Salarino. Niezawodnie. Ja z mojej strony wiedziałem przynajmniej o krawcu, co jej uszył skrzydła do tej ucieczki.
Solanio. A Szylok ze swojej strony wiedział, że jego ptak miał już pierze; w takim zaś razie wszystkie mają ten obyczaj, że wylatują z gniazda.
Szylok. Potępienie ją za to czeka.
Salarino. Zapewne, jeżeli ją szatan sądzić będzie.
Szylok. Taka niesforność własnej mojej krwi i ciała!
Solanio. Wstydź się, stary, w tym wieku mieć krew i ciało niesforne.
Szylok. Moją krwią i ciałem jest moja córka.
Salarino. Między twojem a jej ciałem większa jest różnica, niż między hebanem a kością słoniową; między jej krwią a twoją, większa, niż między deserowem winem a lurą. Ale powiedziano nam, czy słyszałeś, że Antonio na morzu poniósł stratę? Prawda to, czy bajka?
Szylok. W tem ci nowy sęk dla mnie. To bankrut, utracyusz; nie śmie się teraz ani pokazać na Rialto; to golec: on, co bywało tak strojnie przychodził na rynek. Niechże się ogląda na swój oblig! Zwykł był nazywać mię lichwiarzem; niech się ogląda na swój oblig! Zwykł był pożyczać przez miłość chrześcijańską, niech się ogląda na swój oblig!
Salarino. Nie zechcesz mu przecież rznąć ciała, jeżeli nie zapłaci w terminie; na cóżby ci się zdało?

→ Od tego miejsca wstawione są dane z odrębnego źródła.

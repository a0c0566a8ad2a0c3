//! Laws of runs by the policy, over their definitions alone (`specs/`). None of them does anything.
ghost use Rattle.std.specs.Prelude.{◌≡◌, ℕ, Option, List, ◌++◌, take};
ghost use Rattle.std.specs.List.{flat_map};
ghost use Rattle.speed_bin.specs.declared.header.Header.{Header};
ghost use Rattle.ddr_text.specs.ReportParts.{Refusal};
ghost use Rattle.ddr_text.specs.Spelling.{spelled};
ghost use Rattle.ddr_text.specs.declared.lines.TraceLine.{TraceLine};
ghost use Rattle.reports.specs.Report.{report};
ghost use Rattle.reports.specs.Runs.{Run};
ghost use Rattle.policed_runs.specs.Progress.{Progress, Goes, IsByPolicy, EndsByPolicy};
ghost use Rattle.policed_runs.specs.Reports.{IsPolicyReport};

/// What comes next is settled.
pub fn one_step()
    ensures { (h : Header) (trace : List TraceLine) (before after other : Progress) → Goes h trace before after → Goes h trace before other → after ≡ other }
{
    scheduler::laws::one_turn();
}

/// A trace has at most one run by the policy that is over, and one clock at which it ends.
pub fn one_run()
    ensures run { (h : Header) (trace : List TraceLine) (run other : Run) (clock end : ℕ) → EndsByPolicy h trace run clock → EndsByPolicy h trace other end
        → run ≡ other }
    ensures clock { (h : Header) (trace : List TraceLine) (run other : Run) (clock end : ℕ) → EndsByPolicy h trace run clock → EndsByPolicy h trace other end
        → clock ≡ end }
{
    scheduler::laws::one_turn();
}

/// A run by the policy that is under way begins the one that is over.
pub fn goes_on()
    ensures { (h : Header) (trace : List TraceLine) (run whole : Run) (clock : ℕ) → IsByPolicy h trace run → EndsByPolicy h trace whole clock
        → (later : Run) × (whole ≡ later ++ run) }
{
    scheduler::laws::one_turn();
}

/// A job has at most one report by the policy, and what was written of a run by the policy that is under way begins it.
pub fn one_report()
    ensures whole { (h : Header) (text : List ℕ) (trace : List TraceLine) (refusal : Option Refusal) (bytes other : List ℕ)
        → IsPolicyReport h text trace refusal bytes → IsPolicyReport h text trace refusal other → bytes ≡ other }
    ensures started { (h : Header) (text : List ℕ) (trace : List TraceLine) (refusal : Option Refusal) (run : Run) (count : ℕ) (bytes : List ℕ)
        → IsByPolicy h trace run → IsPolicyReport h text trace refusal bytes
        → (shorter : ℕ) × (take count (text ++ flat_map spelled (report h trace run)) ≡ take shorter bytes) }
{
    one_run();
    goes_on();
    reports::laws::goes_on();
}
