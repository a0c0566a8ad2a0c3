//! Runs by the policy of `docs/POLICY.md`: a trace and a header settle each step of a run, and so the one report of a job.
#![tactic(auto)]

pub mod laws;
#[cfg(test)]
mod tests;
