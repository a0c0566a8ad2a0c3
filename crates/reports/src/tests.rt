use crate::laws;

#[test]
fn laws_return() {
    laws::headline();
    laws::reads_plain_memory();
    laws::bounds_activations();
    laws::serves_in_order();
    laws::serves_by_columns();
    laws::gives_to_a_device();
    laws::answers_as_the_device();
    laws::answers_each_read();
    laws::shows_the_log();
    laws::turns_each_bit();
    laws::rests_on_the_lines_so_far();
    laws::goes_on();
    laws::waits_for_no_idle();
    laws::takes_from_the_held();
    laws::stays_below_the_limit();
    laws::goes_through();
    laws::gives_to_a_controller();
    laws::counts_the_unserved();
    laws::window_is_the_queue();
    laws::begins_a_run();
    laws::takes_a_request();
    laws::reads_lines_inside();
    laws::serves_what_is_chosen();
    laws::issues_a_command();
    laws::carries_out_a_flip();
    laws::carries_out_an_idle();
    laws::ends_a_run();
    laws::takes_from_the_front();
    laws::numbers_the_held();
}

Szylok. Na przynętę dla ryb. Jeżeli zresztą nie nasyci nikogo, nasyci przynajmniej moją zemstę. On mię lżył, wydarł mi na jakie półmiliona spodziewanych korzyści; naigrawał się z mojej straty; bluźnił memu narodowi; krzyżował moje zarobki; odwodził odemnie przyjaciół, a nieprzyjaciół na mnie podszczuwał. I za cóż to wszystko? za to, że jestem żydem. Czyliżto żyd nie ma rąk, członków, organów, zmysłów, uczuć, namiętności? Nie żywisz się tymi samymi pokarmami, nie możeż być zraniony takiem samem narzędziem, nie ulegaż takim samym chorobom, nie leczyż się takimi środkami, nie czujeż tak samo
Strona:Dzieła Wiliama Szekspira T. VII.djvu/53
Ta strona została przepisana.
45
AKT TRZECI. SCENA PIERWSZA.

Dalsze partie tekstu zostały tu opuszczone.